JUDE ORTIZ: Yes. The detective, Pemberton, has claimed that he has looked through hundreds of hours of videos, hundreds of times, since January 21st. It’s been his full-time job, his only assignment. He was able, through that review, to present various compilation boards of photographs, as well as videos and PowerPoints, to give to the jury for their deliberations, that claims to have documentation of the location of each of the defendants all throughout the march, and presenting this as if that’s something that, like, being present like in the streets is a sign of guilt and is evidence of guilt of all these charges.

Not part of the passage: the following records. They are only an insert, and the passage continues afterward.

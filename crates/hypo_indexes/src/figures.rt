//! What candidates take and cost, found once for a setting.
ghost use Rattle.std.specs.Prelude.{◌≡◌, ◌*◌, ◌≤◌, All, IfOk, map};
ghost use Rattle.adv_base.specs.Named.{NamesShape};
ghost use Rattle.adv_base.specs.Settings.{the_setting};
ghost use Rattle.adv_base.specs.Sizes.{shape_pages};
ghost use Rattle.adv_base.specs.Upkeep as write;
ghost use Rattle.adv_base.specs.declared.limits.TheConstants.{MOST_INDEXES, MOST_INDEX_PAGES, MOST_STATEMENTS, MOST_UPKEEP, MOST_WEIGHT};
ghost use Rattle.hypo_indexes.specs.Figures.{AreFigures};

use crate::size::pages;
use crate::writes::{kept_upkeep, upkeep};
use adv_base::{IndexShape, List, NoMemory, Setting};
use std::alloc::Global;

/// The pages of each candidate, and its upkeep in thousandths of a page read, summed over the statements by weight; `kept` is
/// that of all indexes that exist.
#[derive(Debug, Drop)]
pub struct Figures {
    pub sizes: List<u64>,
    pub upkeep: List<u128>,
    pub kept: u128,
}

/// The pages of each candidate.
fn sizes_of(alloc: Global, setting: &Setting<'_>) -> Result<List<u64>, NoMemory>
    ensures exact { IfOk result (λ sizes. sizes ≡ map (shape_pages setting.now.cat.now) setting.now.shapes.now) }
    ensures most { IfOk result (λ sizes. All (λ size. size ≤ MOST_INDEX_PAGES) sizes) }
{
    let mut sizes = Vec::new(alloc);
    for shape in setting.shapes {
        sizes.push(pages(setting.cat, shape))?;
    }
    Ok(List { items: sizes })
}

/// The sum of weight times upkeep of an index.
fn weighted_upkeep(setting: &Setting<'_>, shape: &IndexShape) -> u128
    requires { NamesShape setting.now.cat.now shape.now }
    ensures exact { result ≡ write.weighted_upkeep (the_setting setting.now) shape.now }
    ensures most { result ≤ MOST_STATEMENTS * (MOST_WEIGHT * MOST_UPKEEP) }
{
    let mut sum: u128 = 0;
    for statement in setting.statements {
        sum += statement.weight as u128 * upkeep(setting.cat, statement, shape);
    }
    sum
}

/// The same of each candidate.
fn upkeep_of(alloc: Global, setting: &Setting<'_>) -> Result<List<u128>, NoMemory>
    ensures exact { IfOk result (λ costs. costs ≡ map (write.weighted_upkeep (the_setting setting.now)) setting.now.shapes.now) }
    ensures most { IfOk result (λ costs. All (λ cost. cost ≤ MOST_STATEMENTS * (MOST_WEIGHT * MOST_UPKEEP)) costs) }
{
    let mut costs = Vec::new(alloc);
    for shape in setting.shapes {
        costs.push(weighted_upkeep(setting, shape))?;
    }
    Ok(List { items: costs })
}

/// The sum of weight times upkeep of the indexes that exist.
fn weighted_kept(setting: &Setting<'_>) -> u128
    ensures exact { result ≡ write.weighted_kept (the_setting setting.now) }
    ensures most { result ≤ MOST_STATEMENTS * (MOST_WEIGHT * (MOST_INDEXES * MOST_UPKEEP)) }
{
    let mut sum: u128 = 0;
    for statement in setting.statements {
        sum += statement.weight as u128 * kept_upkeep(setting.cat, statement);
    }
    sum
}

impl Figures {
    /// The figures of a setting. Want of memory is the one error.
    pub fn new(alloc: Global, setting: &Setting<'_>) -> Result<Figures, NoMemory>
        ensures { IfOk result (AreFigures (the_setting setting.now)) }
    {
        let sizes = sizes_of(alloc, setting)?;
        let upkeep = upkeep_of(alloc, setting)?;
        Ok(Figures {
            sizes,
            upkeep,
            kept: weighted_kept(setting),
        })
    }
}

So it’s a tremendous amount of work that is like put in for these like very politically motivated way—or, reasons. And those political motivations are pretty clear when you look at his Twitter feed, with all of the far-right and pro-Trump things that he has promoted, like through retweets and through likes and through his own comments on Twitter. He claimed on the stand that that was only in the kind of exercise of his position as a board member of the police union. But whether that’s true or whether it’s his own personal opinions, those opinions that are put forward are very much in favor of like right-wing causes and very much against liberal or progressive, like radical-left causes and movements. And he’s even done very inflammatory and insulting things, like saying “black lies matter”—L-I-E-S—instead of “Black Lives Matter,” and discounting that entire movement, that has been so prominent in responding to police violence and brutality across the country.
AMY GOODMAN: Finally, shortly after winning the 2016 presidential election, Donald Trump tweeted his thoughts on dissent. He tweeted, “Nobody should be allowed to burn the American flag–if they do, there must be consequences–perhaps loss of citizenship or year in jail!” Your final comment, Jude Ortiz?
JUDE ORTIZ: I think comments like that show the kind of concerted effort and nature of repression of social movements in the United States. I want to clarify that: I mean like left social movements. The right social movements, that have become more prominent and public under Trump, have been facilitated by the state. We’re seeing that in places like Charlottesville. We’re seeing that in places like St. Louis and all across the country. People need to recognize like how things are shifting, and be ready to be out in resistance, to dissent and to not be scared away. And this case is a very important part of that.
AMY GOODMAN: Jude Ortiz, I want to thank you for being with us, member of the organizing crew of Defend J20 and the Mass Defense Committee chair for the National Lawyers Guild. He’s been in court throughout this first J20 trial. And we’ll keep you updated on this and other trials as they go on.